Masi founded the George Jones Farm and Nature Preserve in 2000 on a 70 acre farmstead owned by Oberlin College, following several years of work on sustainable agriculture education at the college. The farm modeled transitional strategies for moving from high-input commodity farming to low-input sustainable farming. The farm has provided training and entrepreneurial opportunities for over 100 high school and college students, and recent college graduates. The farm also offers a model for ecological design applied to rural landscapes, community-supported agriculture, habitat restoration, composting systems, natural building design, renewable energy systems, and youth education.

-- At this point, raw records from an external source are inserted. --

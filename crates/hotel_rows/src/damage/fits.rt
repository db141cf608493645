//! The rules of the table of fits.
ghost use Rattle.std.specs.Prelude.{◌≡◌, map, IfOk};
ghost use Rattle.std.specs.List.{list_all};
ghost use Rattle.hotel_rows.specs.Stored.{plain_fits, first_fit, rows_of};
ghost use Rattle.hotel_rows.specs.Damage.{fit_holds};
ghost use Rattle.hotel_rows.specs.FitRuns.{FitRunsOf, fitted_as_due};
ghost use Rattle.hotel_rows.specs.Places.{AreOf};
ghost use Rattle.hotel_rows.specs.RowTests.{has_room};

use crate::damage::by_key::{Places, fit_keys, room_at};
use crate::damage::fit_runs::{RoomFits, is_fitted};
use crate::damage::known::Known;
use crate::damage::numbers::{number, rise_in_pairs};
use crate::stored::{PlainFit, PlainRoom, Stored};
use keycard_rules::Memory;
use std::alloc::Global;

/// The fits of rooms of which each has the one that it began with.
pub(crate) fn first_fits(alloc: Global, rooms: &[PlainRoom]) -> Result<Vec<PlainFit>, Memory>
    ensures { IfOk result (λ fits. fits.items ≡ map first_fit rooms.now) }
{
    match rooms
        .iter()
        .map(|room| PlainFit {
            room: room.room,
            fit: 1,
            place: 0,
            before: 0,
        })
        .collect(alloc)
    {
        Ok(fits) => Ok(fits),
        Err(_) => Err(Memory),
    }
}

fn has_room(places: &Places, stored: &Stored, fit: &PlainFit) -> bool
    requires { AreOf places.now stored.now }
    ensures { result ≡ has_room (rows_of stored.now) fit.now }
{
    room_at(places, stored, number(fit.room)).is_some()
}

/// Whether the room of each fit is there.
fn fits_have_rooms(places: &Places, stored: &Stored, fits: &[PlainFit]) -> bool
    requires { AreOf places.now stored.now }
    ensures { result ≡ list_all (has_room (rows_of stored.now)) fits.now }
{
    for i in 0..fits.len() {
        if !has_room(places, stored, &fits[i]) {
            return false;
        }
    }
    true
}

/// Whether the fits of each room are as they must be.
pub(crate) fn rooms_are_fitted(fits: &RoomFits, stored: &Stored) -> bool
    ensures { result ≡ list_all (fitted_as_due fits.now.runs.entries) stored.now.room.items }
{
    for i in 0..stored.room.len() {
        if !is_fitted(fits, &stored.room[i]) {
            return false;
        }
    }
    true
}

/// Whether the rules of the table of fits hold.
pub(crate) fn fits_hold(
    alloc: Global,
    known: &Known,
    stored: &Stored,
    plain: &[PlainFit],
) -> Result<bool, Memory>
    requires places { AreOf known.now.places stored.now }
    requires runs { FitRunsOf known.now.fits.runs.entries (plain_fits stored.now) }
    requires plain { plain.now ≡ plain_fits stored.now }
    ensures { IfOk result (λ hold. hold ≡ fit_holds stored.now) }
{
    let keys = fit_keys(alloc, plain)?;
    if !rise_in_pairs(&keys) {
        return Ok(false);
    }
    if !fits_have_rooms(&known.places, stored, plain) {
        return Ok(false);
    }
    Ok(rooms_are_fitted(&known.fits, stored))
}
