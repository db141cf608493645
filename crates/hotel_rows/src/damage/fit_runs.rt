//! What is known of the fits of each room.
ghost use Rattle.std.specs.Prelude.{◌≡◌, ◌<◌, ◌^◌, ◌-◌, ℕ, List, ◌∷◌, ◌==◌, if◌then◌else◌, IfOk, OnOk, Some};
ghost use Rattle.std.specs.BTreeMap.{is_at};
ghost use Rattle.std.specs.Map.{lookup};
ghost use Rattle.hotel_model.specs.declared.rows.FitRow.{FitRow};
ghost use Rattle.hotel_model.specs.Words.{said_of, pair_cmp};
ghost use Rattle.hotel_model.specs.Rows.{PlaceKey, at_number};
ghost use Rattle.hotel_rows.specs.Stored.{number_of, fit_row};
ghost use Rattle.hotel_rows.specs.FitRuns.{fit_run_of, first_in, comes_next, begin_key, FitRunsOf, BeginsOf, FitsOf};
ghost use Rattle.hotel_rows.specs.FitRuns.{fit_count, last_place_in, begins_in, starts_at_one, is_ended, fitted_as_due};

use crate::damage::numbers::number;
use crate::stored::{PlainFit, PlainRoom};
use keycard_rules::{LAST_FIT, LAST_NUMBER, Memory};
use std::alloc::Global;
use std::collections::BTreeMap;

/// The room and the place of a code.
type PlaceKey = (u64, u64);

/// What is known of some fits of a room.
#[derive(Clone, Copy)]
pub(crate) struct FitRun {
    /// How many they are.
    fits: u64,
    /// The number, the place and the notes before it of the first one.
    fit: u64,
    place: u64,
    before: u64,
    /// The place and the notes before it of the last one.
    last_place: u64,
    last_before: u64,
    /// Whether each comes next after the one before it.
    in_order: bool,
}

/// The fits of each room, and by the room and place of its first code the number of each.
#[derive(Drop)]
pub(crate) struct RoomFits {
    runs: BTreeMap<u64, FitRun>,
    begins: BTreeMap<PlaceKey, u64>,
}

fn run_at(runs: &BTreeMap<u64, FitRun>, room: u64) -> Option<FitRun>
    ensures { result ≡ at_number runs.now.entries room }
{
    runs.get(&room).copied()
}

/// Whether the first of some fits comes next after a fit.
fn comes_next(fit: &PlainFit, run: &FitRun) -> bool
    ensures { result ≡ comes_next (fit_row fit.now) (first_in run.now) }
{
    let named = number(fit.fit);
    if run.fit <= named || run.fit - named != 1 {
        return false;
    }
    if number(fit.place) >= run.place {
        return false;
    }
    let before = number(fit.before);
    before <= run.before && run.before - before <= u64::from(LAST_NUMBER)
}

/// What is known of the fits with one more before them.
fn with_first(run: Option<FitRun>, fit: &PlainFit) -> FitRun
    requires { said_of run 0 (λ run. run.fits) < 2 ^ 63 }
    ensures { (fs : List FitRow) → run ≡ fit_run_of fs → Some result ≡ fit_run_of (fit_row fit.now ∷ fs) }
{
    let place = number(fit.place);
    let before = number(fit.before);
    let Some(run) = run else {
        return FitRun {
            fits: 1,
            fit: number(fit.fit),
            place,
            before,
            last_place: place,
            last_before: before,
            in_order: true,
        };
    };
    FitRun {
        fits: run.fits + 1,
        fit: number(fit.fit),
        place,
        before,
        last_place: run.last_place,
        last_before: run.last_before,
        in_order: comes_next(fit, &run) && run.in_order,
    }
}

fn add_fit(runs: &mut BTreeMap<u64, FitRun>, fit: &PlainFit) -> Result<(), Memory>
    requires { fit_count runs.old.entries (number_of fit.now.room) < 2 ^ 63 }
    ensures { OnOk result ((r : ℕ) (fs : List FitRow)
        → at_number runs.old.entries (number_of fit.now.room) ≡ fit_run_of fs
        → at_number runs.new.entries r
        ≡ (if r == number_of fit.now.room then fit_run_of (fit_row fit.now ∷ fs) else at_number runs.old.entries r)) }
{
    let room = number(fit.room);
    let run = with_first(run_at(runs, room), fit);
    let Ok(_) = runs.insert(room, run) else {
        return Err(Memory);
    };
    Ok(())
}

fn runs_of(alloc: Global, fits: &[PlainFit]) -> Result<BTreeMap<u64, FitRun>, Memory>
    ensures { IfOk result (λ runs. FitRunsOf runs.entries fits.now) }
{
    let mut runs = BTreeMap::new(alloc);
    let len = fits.len();
    for k in 0..len {
        add_fit(&mut runs, &fits[len - 1 - k])?;
    }
    Ok(runs)
}

fn add_begin(begins: &mut BTreeMap<PlaceKey, u64>, fit: &PlainFit) -> Result<(), Memory>
    ensures { OnOk result ((q : PlaceKey) → lookup (is_at (pair_cmp q)) begins.new.entries
        ≡ (if is_at (pair_cmp (begin_key fit.now)) q then Some (number_of fit.now.fit)
        else lookup (is_at (pair_cmp q)) begins.old.entries)) }
{
    let key = (number(fit.room), number(fit.place));
    let named = number(fit.fit);
    let Ok(_) = begins.insert(key, named) else {
        return Err(Memory);
    };
    Ok(())
}

fn begins_of(alloc: Global, fits: &[PlainFit]) -> Result<BTreeMap<PlaceKey, u64>, Memory>
    ensures { IfOk result (λ begins. BeginsOf begins.entries fits.now) }
{
    let mut begins = BTreeMap::new(alloc);
    let len = fits.len();
    for k in 0..len {
        add_begin(&mut begins, &fits[len - 1 - k])?;
    }
    Ok(begins)
}

/// What is known of the fits.
pub(crate) fn room_fits(alloc: Global, fits: &[PlainFit]) -> Result<RoomFits, Memory>
    ensures { IfOk result (λ known. FitsOf known fits.now) }
{
    let runs = runs_of(alloc, fits)?;
    let begins = begins_of(alloc, fits)?;
    Ok(RoomFits { runs, begins })
}

/// How many fits a room has.
pub(crate) fn fits_of_room(fits: &RoomFits, room: u64) -> u64
    ensures { result ≡ fit_count fits.now.runs.entries room }
{
    match run_at(&fits.runs, room) {
        Some(run) => run.fits,
        None => 0,
    }
}

/// The place of the code that the room's last fit begins with, 0 where it has none.
pub(crate) fn last_place(fits: &RoomFits, room: u64) -> u64
    ensures { result ≡ last_place_in fits.now.runs.entries room }
{
    match run_at(&fits.runs, room) {
        Some(run) => run.last_place,
        None => 0,
    }
}

/// Whether a fit of the room begins with the code at this place.
pub(crate) fn begins_fit(fits: &RoomFits, room: u64, place: u64) -> bool
    ensures { result ≡ begins_in fits.now.begins.entries room place }
{
    fits.begins.contains_key(&(room, place))
}

/// Whether a fit of the room begins with the last of so many codes.
pub(crate) fn ends_with_fit(fits: &RoomFits, room: u64, codes: u64) -> bool
    ensures { result ≡ begins_in fits.now.begins.entries room (codes - 1) }
{
    begins_fit(fits, room, codes.saturating_sub(1))
}

/// Whether the fits of a room are 1 to n, as many as a room can have, the first at place 0 with no note before it.
fn is_begun(run: &FitRun) -> bool
    ensures { result ≡ starts_at_one run.now }
{
    if !run.in_order || run.fit != 1 {
        return false;
    }
    run.place == 0 && run.before == 0 && run.fits <= u64::from(LAST_FIT)
}

/// Whether the last fit of a room isn't after its lock's place, nor after its notes, of which it has no more than a
/// lock can count.
fn is_ended(run: &FitRun, room: &PlainRoom) -> bool
    ensures { result ≡ is_ended room.now run.now }
{
    if run.last_place > number(room.lock_place) {
        return false;
    }
    let notes = number(room.notes);
    run.last_before <= notes && notes - run.last_before <= u64::from(LAST_NUMBER)
}

/// Whether the fits of the room are as they must be.
pub(crate) fn is_fitted(fits: &RoomFits, room: &PlainRoom) -> bool
    ensures { result ≡ fitted_as_due fits.now.runs.entries room.now }
{
    let Some(run) = run_at(&fits.runs, number(room.room)) else {
        return false;
    };
    is_begun(&run) && is_ended(&run, room)
}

Masi spearheaded and organized the first regional Food Congress for Northeast Ohio in 2003. The Congress was an extension of Masi’s graduate studies at Cleveland State University under the direction of Edward “Ned” Hill. His graduate thesis consisted of a regional food assessment of Northeast Ohio’s local food system, with emphasis on the role of Cleveland as a catalyst for food system development. Masi worked with Leslie Schaller from ACENet to frame a strategic framework for regional food development at the Food Congress which included 80 food system stakeholders.

Masi co-founded the City Fresh initiative and served as its first director in 2004. City Fresh was one of the strategic projects that emerged out of the regional food Congress, focused on improving urban market access for rural farmers while improving food access in urban neighborhoods in Cleveland. City Fresh has evolved into a regional initiative that includes farmers and urban neighborhoods from six counties. City Fresh works with neighborhoods to organize Fresh Stop food centers which combine nutrition education and local food distribution. City Fresh also founded the market garden training program in 2005 in collaboration with Ohio State University Extension to train urban farmers to utilize vacant land to grow food for market.

Masi founded the Agrarian Learning Network in 2006 which served as a tool to encourage cross-learning between communities in Northeast Ohio. The network hosted two permacutlure training intensives with renown international permacutlure designer Darren Doherty and over 40 topical workshops for urban and beginning farmers. The network also spawned several digital media projects, which culminated in two feature length documentary films, including the Real Low Calorie Diet (2007)and PolyCultures: Food Where We Live (2009)PolyCultures was a featured selection of the Cleveland International Film Festival and has since played at five other film festivals across the globe.

Masi co-founded the Cleveland-Cuyahoga County Food Policy Coalition in 2007 in collaboration with the Cleveland Department of Public Health, OSU Extension, and Case Western Reserve University. The coalition provides a collaborative network of more than 50 organizations, agencies, and businesses focused on improving food access, public health, urban agriculture, food waste recovery, community food assessment, and rural-urban linking.

Masi received his B.A. with Honors in Environmental Studies and Government at Oberlin College in 1993. He received an M.S. in Urban Studies at Cleveland State University in 2002 where he graduated with honors and received an award for meritorious scholarship. Masi is currently working on a book combining natural history, regenerative design, and local food systems development which will draw on examples from Northeast Ohio’s food system efforts.